Brooking, who Clough had actually tried to sign for Derby alongside Bobby Moore a few years prior, had the last laugh with the winning header.

He even received an apology a decade later while working as a pundit himself. “He came really close to my face,” Brooking recalled in 2006. “He said: ‘Young man, many years ago I said something in a newspaper before an FA Cup final and I was wrong and I am sorry’.”

 

2) Roy Keane versus Eamon Dunphy
It is remarkably on-brand for one of Roy Keane’s most enduring feuds to be an extension of a previous one. He and Eamon Dunphy were hardly braiding each other’s hair but the journalist and pundit had got close enough to the midfielder to ghost-write his explosive 2002 autobiography.

And that was the problem. When the FA inevitably took exception to an excerpt in which Keane seemed to suggest his infamous tackle on Alf-Inge Haaland was premeditated, the midfielder was charged with bringing the game into disrepute. His defence was that Dunphy had employed ‘artistic licence’ with the phrasing and he called his compatriot in as his key witness in the ensuing investigation.
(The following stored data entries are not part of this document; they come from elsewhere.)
//! The indexes and syntaxes of objects in module files.

use crate::rows::assert_rows;
use std::test::Fail;

const ROWS: &str = r#"
@ row
MAX-ACCESS not-accessible STATUS current DESCRIPTION ""

@ column
MAX-ACCESS read-only STATUS current DESCRIPTION ""

# A SIZE that is a number; one that is a range whose ends are equal; one that is a literal.

@ sizes.txt
M DEFINITIONS ::= BEGIN
row OBJECT-TYPE SYNTAX Row {row} INDEX { fixed, ranged, literal } ::= { iso 1 }
fixed OBJECT-TYPE SYNTAX OCTET STRING (SIZE (2)) {column} ::= { row 1 }
ranged OBJECT-TYPE SYNTAX OCTET STRING (SIZE (2..2)) {column} ::= { row 2 }
literal OBJECT-TYPE SYNTAX OCTET STRING (SIZE ('02'H)) {column} ::= { row 3 }
END

$ snmp snmptranslate --mib sizes.txt .1.1.1.97.98.2.99.100.101.102 .1.1.1.97.98.99.100.101.102
M::fixed.'ab'."cd".'ef'
M::fixed.97.98.99.100.101.102
$ snmp snmptranslate --mib sizes.txt -On M::fixed."'"ab"'".'"'cd'"'."'"ef"'"
.1.1.1.97.98.2.99.100.101.102

# Indexes that consist of a string and one more part, of many syntaxes. Numbers that aren't such an
# index are shown as numbers.

@ indexes.txt
M DEFINITIONS ::= BEGIN
Mac ::= OCTET STRING (SIZE (6))
key OBJECT-TYPE SYNTAX OCTET STRING {column} ::= { iso 3 }
integerRow OBJECT-TYPE SYNTAX R {row} INDEX { key, integer } ::= { iso 4 }
integer OBJECT-TYPE SYNTAX INTEGER {column} ::= { integerRow 1 }
stateRow OBJECT-TYPE SYNTAX R {row} INDEX { key, state } ::= { iso 5 }
state OBJECT-TYPE SYNTAX INTEGER { up(1) } {column} ::= { stateRow 1 }
counterRow OBJECT-TYPE SYNTAX R {row} INDEX { key, counter } ::= { iso 6 }
counter OBJECT-TYPE SYNTAX Counter32 {column} ::= { counterRow 1 }
gaugeRow OBJECT-TYPE SYNTAX R {row} INDEX { key, gauge } ::= { iso 7 }
gauge OBJECT-TYPE SYNTAX Gauge32 {column} ::= { gaugeRow 1 }
unsignedRow OBJECT-TYPE SYNTAX R {row} INDEX { key, unsigned } ::= { iso 8 }
unsigned OBJECT-TYPE SYNTAX Unsigned32 {column} ::= { unsignedRow 1 }
ticksRow OBJECT-TYPE SYNTAX R {row} INDEX { key, ticks } ::= { iso 9 }
ticks OBJECT-TYPE SYNTAX TimeTicks {column} ::= { ticksRow 1 }
lastIntegerRow OBJECT-TYPE SYNTAX R {row} INDEX { key, IMPLIED lastInteger } ::= { iso 10 }
lastInteger OBJECT-TYPE SYNTAX Integer32 (0..9) {column} ::= { lastIntegerRow 1 }
counter64Row OBJECT-TYPE SYNTAX R {row} INDEX { key, counter64 } ::= { iso 11 }
counter64 OBJECT-TYPE SYNTAX Counter64 {column} ::= { counter64Row 1 }
missingRow OBJECT-TYPE SYNTAX R {row} INDEX { key, missing } ::= { iso 12 }
missing OBJECT-TYPE SYNTAX Missing {column} ::= { missingRow 1 }
addressRow OBJECT-TYPE SYNTAX R {row} INDEX { key, address } ::= { iso 13 }
address OBJECT-TYPE SYNTAX IpAddress {column} ::= { addressRow 1 }
identifierRow OBJECT-TYPE SYNTAX R {row} INDEX { key, identifier } ::= { iso 14 }
identifier OBJECT-TYPE SYNTAX OBJECT IDENTIFIER {column} ::= { identifierRow 1 }
lastIdentifierRow OBJECT-TYPE SYNTAX R {row} INDEX { key, IMPLIED lastIdentifier } ::= { iso 15 }
lastIdentifier OBJECT-TYPE SYNTAX OBJECT IDENTIFIER {column} ::= { lastIdentifierRow 1 }
stringRow OBJECT-TYPE SYNTAX R {row} INDEX { key, string } ::= { iso 16 }
string OBJECT-TYPE SYNTAX OCTET STRING {column} ::= { stringRow 1 }
string6to6Row OBJECT-TYPE SYNTAX R {row} INDEX { key, string6to6 } ::= { iso 17 }
string6to6 OBJECT-TYPE SYNTAX OCTET STRING (SIZE (6..6)) {column} ::= { string6to6Row 1 }
stringTo32Row OBJECT-TYPE SYNTAX R {row} INDEX { key, stringTo32 } ::= { iso 18 }
stringTo32 OBJECT-TYPE SYNTAX OCTET STRING (SIZE (0..32)) {column} ::= { stringTo32Row 1 }
stringOf6Or8Row OBJECT-TYPE SYNTAX R {row} INDEX { key, stringOf6Or8 } ::= { iso 19 }
stringOf6Or8 OBJECT-TYPE SYNTAX OCTET STRING (SIZE (6 | 8)) {column} ::= { stringOf6Or8Row 1 }
lastStringRow OBJECT-TYPE SYNTAX R {row} INDEX { key, IMPLIED lastString } ::= { iso 20 }
lastString OBJECT-TYPE SYNTAX OCTET STRING {column} ::= { lastStringRow 1 }
lastString6to6Row OBJECT-TYPE SYNTAX R {row} INDEX { key, IMPLIED lastString6to6 } ::= { iso 21 }
lastString6to6 OBJECT-TYPE SYNTAX OCTET STRING (SIZE (6..6)) {column} ::= { lastString6to6Row 1 }
lastStringTo32Row OBJECT-TYPE SYNTAX R {row} INDEX { key, IMPLIED lastStringTo32 } ::= { iso 22 }
lastStringTo32 OBJECT-TYPE SYNTAX OCTET STRING (SIZE (1..32)) {column} ::= { lastStringTo32Row 1 }
fixedRow OBJECT-TYPE SYNTAX R {row} INDEX { key, fixed } ::= { iso 23 }
fixed OBJECT-TYPE SYNTAX OCTET STRING (SIZE (6)) {column} ::= { fixedRow 1 }
fixedHexRow OBJECT-TYPE SYNTAX R {row} INDEX { key, fixedHex } ::= { iso 24 }
fixedHex OBJECT-TYPE SYNTAX OCTET STRING (SIZE ('06'H)) {column} ::= { fixedHexRow 1 }
macRow OBJECT-TYPE SYNTAX R {row} INDEX { key, mac } ::= { iso 25 }
mac OBJECT-TYPE SYNTAX Mac {column} ::= { macRow 1 }
lastFixedRow OBJECT-TYPE SYNTAX R {row} INDEX { key, IMPLIED lastFixed } ::= { iso 26 }
lastFixed OBJECT-TYPE SYNTAX OCTET STRING (SIZE (6)) {column} ::= { lastFixedRow 1 }
negativeRow OBJECT-TYPE SYNTAX R {row} INDEX { key, negative } ::= { iso 27 }
negative OBJECT-TYPE SYNTAX OCTET STRING (SIZE (-5)) {column} ::= { negativeRow 1 }
lastNegativeRow OBJECT-TYPE SYNTAX R {row} INDEX { key, IMPLIED lastNegative } ::= { iso 28 }
lastNegative OBJECT-TYPE SYNTAX OCTET STRING (SIZE (-5)) {column} ::= { lastNegativeRow 1 }
macUpTo6Row OBJECT-TYPE SYNTAX R {row} INDEX { key, macUpTo6 } ::= { iso 29 }
macUpTo6 OBJECT-TYPE SYNTAX Mac (SIZE (0..6)) {column} ::= { macUpTo6Row 1 }
opaqueRow OBJECT-TYPE SYNTAX R {row} INDEX { key, opaque } ::= { iso 30 }
opaque OBJECT-TYPE SYNTAX Opaque {column} ::= { opaqueRow 1 }
bitsRow OBJECT-TYPE SYNTAX R {row} INDEX { key, bits } ::= { iso 31 }
bits OBJECT-TYPE SYNTAX BITS { a(0) } {column} ::= { bitsRow 1 }
opaqueOf4Row OBJECT-TYPE SYNTAX R {row} INDEX { key, opaqueOf4 } ::= { iso 32 }
opaqueOf4 OBJECT-TYPE SYNTAX Opaque (SIZE (4)) {column} ::= { opaqueOf4Row 1 }
lastBitsRow OBJECT-TYPE SYNTAX R {row} INDEX { key, IMPLIED lastBits } ::= { iso 33 }
lastBits OBJECT-TYPE SYNTAX BITS { a(0) } {column} ::= { lastBitsRow 1 }
END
When asked by FA lawyer Jim Sturman whether he felt Keane “intentionally went to injure his fellow professional” that day, Dunphy replied: “Without a doubt.”

Ah. That’ll do it. Although Dunphy’s timeline says it was his condemnation of Keane’s work at Sunderland that actually caused the breakdown. Still, the whole court thing can’t have helped.

 

1) Paul Pogba versus Graeme Souness
Over the course of five years, Graeme Souness labelled Paul Pogba “a YouTuber”, “a schoolboy running after the ball in the playground”, “a little bit flamboyant for my taste” and “an absolute doddle to play against”, among various other things.

Pogba, in his sole response, said that he “didn’t even know who” Souness was and that he had only “heard he was a great player and stuff like that”.

Souness took that predictably well: by telling an actual World Cup winner to “put your medals on the table”. With Pogba gone, he has had to find another really weird target.